Okay, so. I've been working on a class project (we haven't covered std::string and std::vector yet though obviously I know about them) to construct a time clock of sorts. The main portion of the program expects time and date values as formatted c-strings (e.g. "12:45:45", "12/12/12" etc.), and I probably could have kept things simple by storing them the same way in my basic class. But, I didn't.
Instead I did this:
class UsageEntry {
public:
....
typedef time_t TimeType;
typedef int IDType;
...
// none of these getters are thread safe
// furthermore, the char* the getters return should be used immediately
// and then discarded: its contents will be modified on the next call
// to any of these functions.
const char* getUserID();
const char* getDate();
const char* getTimeIn();
const char* getTimeOut();
private:
IDType m_id;
TimeType m_timeIn;
TimeType m_timeOut;
char m_buf[LEN_MAX];
};
And one of the getters (they all do basically the same thing):
const char* UsageEntry::getDate()
{
strftime(m_buf, LEN_OF_DATE, "%D", localtime(&m_timeIn));
return m_buf;
}
And here is a function that uses this pointer:
// ==== TDataSet::writeOut ====================================================
// writes an entry to the output file
void TDataSet::writeOut(int index, FILE* outFile)
{
// because of the m_buf kludge, this cannot be a single
// call to fprintf
fprintf(outFile, "%s,", m_data[index].getUserID());
fprintf(outFile, "%s,", m_data[index].getDate());
fprintf(outFile, "%s,", m_data[index].getTimeIn());
fprintf(outFile, "%s\n", m_data[index].getTimeOut());
fflush(outFile);
} // end of TDataSet::writeOut
How much trouble will this cause? Or to look at it from another angle, what other sorts of interesting and !!FUN!! behaviour can this cause? And, finally, what can be done to fix it (besides the obvious solution of using strings/vectors instead)?

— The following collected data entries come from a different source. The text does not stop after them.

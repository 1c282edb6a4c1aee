//! Parts of trees, made from what stands in them.

ghost use Rattle.std.specs.Prelude.{◌≡◌, IfOk};
ghost use Rattle.c_syntax.specs.declared.tree.Enumer.{out-Enumer};
ghost use Rattle.c_syntax.specs.Shape.{node, call, select, type_name, struct, enum, decl, no_declarators, more_declarators, declarator, arrays, function, params, one, listed};
ghost use Rattle.c_syntax.specs.View.{note_shape, expr_shape, node_shape, node_list, maybe_node, probe_shape, type_shape, type_lengths_list, spec_shape, spec_list, enumer_list, decl_shape, decl_list, declarator_shape, declarator_list, decl_form_shape, lengths_list, params_shape, param_shape, param_list, init_shape, init_list, maybe_init};
ghost use Rattle.c_syntax.specs.Options.{maybe_members, maybe_rows};
ghost use Rattle.c_copy.specs.Boxes.{boxed_init, boxed_node};

use crate::parts::boxed;
use c_base::place::{NoMemory, Pos};
use c_syntax::text::Text;
use c_syntax::tree::{
    Decl, DeclForm, Declarator, Enumer, Expr, ExprProbe, Init, Named, Node, Note, Param, Params,
    Spec, SpecForm, Star, TypeName,
};
use std::alloc::Global;

/// An expression.
pub fn new_node(
    alloc: Global,
    pos: Pos,
    op: Pos,
    note: Note,
    form: Expr,
) -> Result<Box<Node>, NoMemory>
    ensures { IfOk result (λ n. node_shape n.value ≡ node pos op (note_shape note) (expr_shape form)) }
{
    boxed(
        alloc,
        Node {
            pos,
            op,
            note,
            form,
        },
    )
}

/// An optional expression out of its box.
pub fn unboxed_node(node: Option<Box<Node>>) -> Option<Node>
    ensures { maybe_node result ≡ boxed_node node }
{
    match node {
        None => None,
        Some(node) => Some(Box::into_inner(node)),
    }
}

/// A call.
pub fn new_call(name: Text, args: Vec<Node>) -> Expr
    ensures { expr_shape result ≡ call name (node_list args.items) }
{
    Expr::Call(name, args)
}

/// A select probe with its case constants.
pub fn new_select(number: Text, cases: Vec<Node>) -> ExprProbe
    ensures { probe_shape result ≡ select number (node_list cases.items) }
{
    ExprProbe::Select(number, cases)
}

/// A type name.
pub fn new_type(pos: Pos, specs: Vec<Spec>, stars: Vec<Star>, lengths: Vec<Node>) -> TypeName
    ensures { type_shape result ≡ type_name pos (spec_list specs.items) stars.items (type_lengths_list lengths.items) }
{
    TypeName {
        pos,
        specs,
        stars,
        lengths,
    }
}

/// A structure with its member list, where it has one.
pub fn new_struct(name: Option<Named>, list: Option<Vec<Decl>>) -> SpecForm
    ensures { spec_shape result ≡ struct name (maybe_members list) }
{
    SpecForm::Struct(name, list)
}

/// An enumeration with its enumerators, where it has them.
pub fn new_enum(name: Option<Named>, list: Option<Vec<Enumer>>) -> SpecForm
    ensures { spec_shape result ≡ enum name (maybe_rows list) }
{
    SpecForm::Enum(name, list)
}

/// An enumerator with its value, where it has one.
pub fn new_enumer(name: Named, value: Option<Node>) -> Enumer
    ensures named { (out-Enumer result).name ≡ name }
    ensures valued { (out-Enumer result).value ≡ value }
{
    Enumer { name, value }
}

/// A declaration.
pub fn new_decl(pos: Pos, specs: Vec<Spec>, names: Vec<Declarator>) -> Decl
    ensures { decl_shape result ≡ decl pos (spec_list specs.items) (declarator_list names.items) }
{
    Decl { pos, specs, names }
}

/// A declarator with its initialiser, where it has one.
pub fn new_declarator(
    alloc: Global,
    stars: Vec<Star>,
    name: Option<Named>,
    form: Box<DeclForm>,
    init: Option<Box<Init>>,
) -> Result<Box<Declarator>, NoMemory>
    ensures { IfOk result (λ d. declarator_shape d.value ≡ declarator stars.items name (decl_form_shape form.value) (boxed_init init)) }
{
    let form = Box::into_inner(form);
    let init = unboxed(init);
    boxed(
        alloc,
        Declarator {
            stars,
            name,
            form,
            init,
        },
    )
}

// The initialiser out of its box.
fn unboxed(init: Option<Box<Init>>) -> Option<Init>
    ensures { maybe_init result ≡ boxed_init init }
{
    match init {
        None => None,
        Some(init) => Some(Box::into_inner(init)),
    }
}

// A parameter by value.
fn param_of(pos: Pos, specs: Vec<Spec>, name: Declarator) -> Param
    ensures { param_shape result ≡ decl pos (spec_list specs.items) (more_declarators (declarator_shape name) no_declarators) }
{
    Param { pos, specs, name }
}

/// A parameter.
pub fn new_param(
    alloc: Global,
    pos: Pos,
    specs: Vec<Spec>,
    name: Box<Declarator>,
) -> Result<Box<Param>, NoMemory>
    ensures { IfOk result (λ p. param_shape p.value ≡ decl pos (spec_list specs.items) (more_declarators (declarator_shape name.value) no_declarators)) }
{
    boxed(alloc, param_of(pos, specs, Box::into_inner(name)))
}

/// Array lengths.
pub fn new_arrays(lengths: Vec<Option<Node>>) -> DeclForm
    ensures { decl_form_shape result ≡ arrays (lengths_list lengths.items) }
{
    DeclForm::Arrays(lengths)
}

/// A list of parameters.
pub fn new_params(list: Vec<Param>) -> Params
    ensures { params_shape result ≡ params (param_list list.items) }
{
    Params::List(list)
}

/// A list of initialisers in braces, and whether a comma stands before the closing brace.
pub fn new_list(pos: Pos, list: Vec<Init>, last: bool) -> Init
    ensures { init_shape result ≡ listed pos (init_list list.items) last }
{
    Init::List(pos, list, last)
}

Somewhat related: How do the C++ library functions that do similar things handle this? e.g. localtime() returns a pointer to a struct tm object, which somehow survives the end of that function call at least long enough to be used by strftime.
There is not enough information to determine if it will cause trouble because you do not show how you use it. As long as you document the caveats and keep them in mind when using your class, there won't be issues.
There are some common gotchas to watch out for, but hopefully these are common sense:
Deleting the UsageEntry will invalidate the pointers returned by your getters, since those buffers will be deleted too. (This is especially easy to run into if using locally declared UsageEntrys, as in MadScienceDream's example.) If this is a risk, callers should create their own copy of the string. Document this.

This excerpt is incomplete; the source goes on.